In [2]:
import tensorflow as tf

# TextVectorization Layer Practice

A TextVectorization layer is a text preprocessing layer. This layer maps text features to integer sequences.

Here is how to call the TextVectorization layer:

In [4]:
tf.keras.layers.TextVectorization(
    max_tokens=None,
    standardize='lower_and_strip_punctuation',
    split='whitespace',
    ngrams=None,
    output_mode='int',
    output_sequence_length=None,
    pad_to_max_tokens=False,
    vocabulary=None,
    idf_weights=None,
    sparse=False,
    ragged=False,
    # **kwargs
)

2022-02-28 20:17:24.065618: I tensorflow/core/platform/cpu_feature_guard.cc:151] This TensorFlow binary is optimized with oneAPI Deep Neural Network Library (oneDNN) to use the following CPU instructions in performance-critical operations:  AVX2 FMA
To enable them in other operations, rebuild TensorFlow with the appropriate compiler flags.
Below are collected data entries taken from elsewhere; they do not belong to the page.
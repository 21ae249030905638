//! The code of a function of one parameter that returns it, and its rules.
use c_ast::{Expr, Function, Integers, Stmt};
use rx_code::Code;
use rx_exprs::Setting;
use rx_plain::Items;
use rx_row::Constraint;
use rx_stmts::function;
use rx_term::Sym;
use rx_translate::{entry_of, goal_of, parts_of};
use std::alloc::Global;

fn identity(alloc: Global) -> Option<Function> {
    let mut params = Items::new(alloc);
    params.push(0).ok()?;
    let mut body = Items::new(alloc);
    body.push(Stmt::Return(Expr::Var(0))).ok()?;
    Some(Function {
        name: 0,
        params,
        body,
    })
}

fn compile(alloc: Global, code: &mut Code) -> Option<()> {
    let identity = identity(alloc)?;
    let setting = Setting {
        alloc,
        integers: Integers::Unbounded,
    };
    function(setting, code, 0, &identity).ok()
}

fn compiled(alloc: Global) -> Option<Code> {
    let mut code = Code::new(alloc);
    compile(alloc, &mut code)?;
    Some(code)
}

// The entry and the end, with one action each; the entry is the first symbol.
fn opened(alloc: Global) -> Option<bool> {
    let code = compiled(alloc)?;
    Some(
        code.opened.len() == 2
            && code.instructions.len() == 2
            && entry_of(code.entries.as_slice(), 0) == 0,
    )
}

// One rule of the entry, and one of the end.
fn has_two_rules(alloc: Global, code: &Code) -> Option<bool> {
    let parts = parts_of(alloc, Integers::Unbounded, code).ok()?;
    Some(parts.symbols.len() == 2 && parts.rules.len() == 2)
}

fn ruled(alloc: Global) -> Option<bool> {
    let code = compiled(alloc)?;
    has_two_rules(alloc, &code)
}

// The entry against itself, on one variable.
fn stated(alloc: Global) -> Option<bool> {
    let rows = Constraint::from_rows(Vec::new(alloc));
    let goal = goal_of(alloc, Sym(0), Sym(0), 1, rows).ok()?;
    Some(goal.left.is_same(&goal.right))
}

/// Whether the case is as it is to be.
pub fn holds(alloc: Global, name: &str) -> Option<bool> {
    match name {
        "opened" => opened(alloc),
        "ruled" => ruled(alloc),
        "stated" => stated(alloc),
        _ => None,
    }
}
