//! Compares the rule sets of two functions, what their code is compiled to, and the covers, ranks,
//! lemmas and proofs that a search finds, with values of another program.
//!
//! Each line of the standard input is a call, what it is given, and what it is to answer, with ` | `
//! or a semicolon and a space between them. A line that begins with `#` is a heading. The program
//! prints each line whose answer is another with the word `differs`, each that it can't read with
//! `unread`, and at the end how many lines hold.
//!
//! Equations, rows, polynomials and cover trees have the notation of a log. A line `rules` makes the
//! rule set of two functions, `rules32` that by 32-bit integers, and a line `set` any, to which
//! `domains` gives these; the lines after it speak of that.
#![tactic(auto)]

mod by_solver;
mod caching;
mod code_cases;
mod compile_answers;
mod counting;
mod domain_calls;
mod ends;
mod finding_answers;
mod found_answer;
mod found_printing;
mod function_cases;
mod lemma_answer;
mod lemma_answers;
mod lemma_calls;
mod programs;
mod rule_printing;
mod running;
mod search_answers;
mod search_calls;
mod searching;
mod set_calls;
mod tasks;
mod translation_cases;
mod use_calls;
mod wider_calls;

use c_ast::Integers;
use running::ran;
use rx_term::RuleSet;
use set_calls::take_rules;
use std::alloc::Global;
use std::io;
use test_lines::{
    Case, Meant, Verdict, case_of, count_lines, separator_of, take_domains, take_set,
};

// Whether the call answers what is wanted, over the set of the lines before it; none where that
// isn't known.
fn is_answered(alloc: Global, set: &RuleSet, case: &Case<'_>) -> Option<bool> {
    match case.call {
        "cover" | "lowers" | "ranks" => finding_answers::holds(alloc, set, case),
        "beside" | "lemmas" | "named" | "use" => lemma_answers::holds(alloc, set, case),
        "found" => domain_calls::found(alloc, set, case.given)?.is_meant(alloc, case.wanted),
        "listed" => wider_calls::listed(alloc, set, case.given)?.is_meant(alloc, case.wanted),
        "wider" => wider_calls::wider(alloc, set, case.given)?.is_meant(alloc, case.wanted),
        "runs" => ran(alloc, set, case.given)?.is_meant(alloc, case.wanted),
        _ => search_answers::holds(alloc, set, case),
    }
}

// Whether the line's call answers what is wanted, over the set of the lines before it, in place of
// which the line may put another; none where that isn't known.
fn holds(alloc: Global, set: &mut Option<RuleSet>, line: &str) -> Option<bool> {
    let case = case_of(line, separator_of(line))?;
    match case.call {
        "set" => take_set(alloc, set, case.given, case.wanted),
        "domains" => take_domains(alloc, set, case.given, case.wanted),
        "rules" => take_rules(alloc, Integers::Unbounded, set, case.given)?.is_meant(
            alloc,
            case.wanted,
        ),
        "rules32" => take_rules(alloc, Integers::Bits32, set, case.given)?.is_meant(
            alloc,
            case.wanted,
        ),
        _ => match compile_answers::answer_to(alloc, case.call, case.given) {
            Some(found) => found.is_meant(alloc, case.wanted),
            None => is_answered(alloc, set.as_ref()?, &case),
        },
    }
}

fn main(rt: HostRuntime) -> io::Result<()> {
    let mut set = None;
    count_lines(
        &rt,
        "lines",
        |alloc, line| Verdict::of(holds(alloc, &mut set, line)),
    )
}
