//! What compiles expressions and functions, and makes the rule set of two functions, with ample
//! memory. Each call is the name of a case that is written in code, to which nothing is given.
use crate::{code_cases, function_cases, translation_cases};
use std::alloc::Global;
use test_lines::{Answer, told};

// Whether the case is as it is to be; none where there is no such case, or no memory.
fn is_so(alloc: Global, of: &str, name: &str) -> Option<bool> {
    match of {
        "code" => code_cases::holds(alloc, name),
        "function" => function_cases::holds(alloc, name),
        "translation" => translation_cases::holds(alloc, name),
        _ => None,
    }
}

/// Whether the case is as it is to be; none where something is given to it, there is no such case, or
/// no memory.
pub fn answer_to(alloc: Global, case: &str, given: &str) -> Option<Answer> {
    if !given.is_empty() {
        return None;
    }
    let (of, name) = case.split_once('.')?;
    told(is_so(alloc, of, name)?)
}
<keras.layers.preprocessing.text_vectorization.TextVectorization at 0x7fdaaa2f2ee0>

This layer transforms a batch of strings(one observation = one string) into either a list of token indices (one observation = 1D tensor of integer token indeces) or a dense representation (one observation = 1D tensor float values representing data about the observation's tokens).

This layer is meant to handle natural language inputs.

The vocabulary for the TextVectorization layer must be either supplied on construction or learned via `adapt()`. After adaption, the dataset is analyzed. It will determine the frequency of indiviual string values and create a vocabulary for them.

You can make the vocabulary unlimited or limit the amount.

If there are more unique values in the input than the vocabulary, the most frequent vocabulary will proceed.

Here is the preprocessing steps:

1. Standardize each observation (lowercase & punctuation stripping)
2. Split each observation into substrings (words)
3. Recombine substrings into tokens (ngrams)
4. Index tokens (assign unique integer value to each token)
5. Transform each observation using this index, either into a vector of integers or a dense float vector.

#### Some notes on passing callables to customize splitting and normalization for this layer.
1. When using a custom callable for `standardize` the data received by the callable will be exactly as passed to this layer. The callable should return a tensor of the same shape as the input.
2. When using a custom callable for `split`, the data received by the callable will have the 1st dimension squeezed out - instead of [['string to split'], ['another string to split']], the callable will see ['string to split', 'another string to split']. The callable should return a Tensor with the first dimension containing the split tokens = in this example, we should see something like [['string', 'to', 'split'], ['another', 'string', 'to', 'split']]. This makes the callable site natively compatible with `tf.strings.split()`.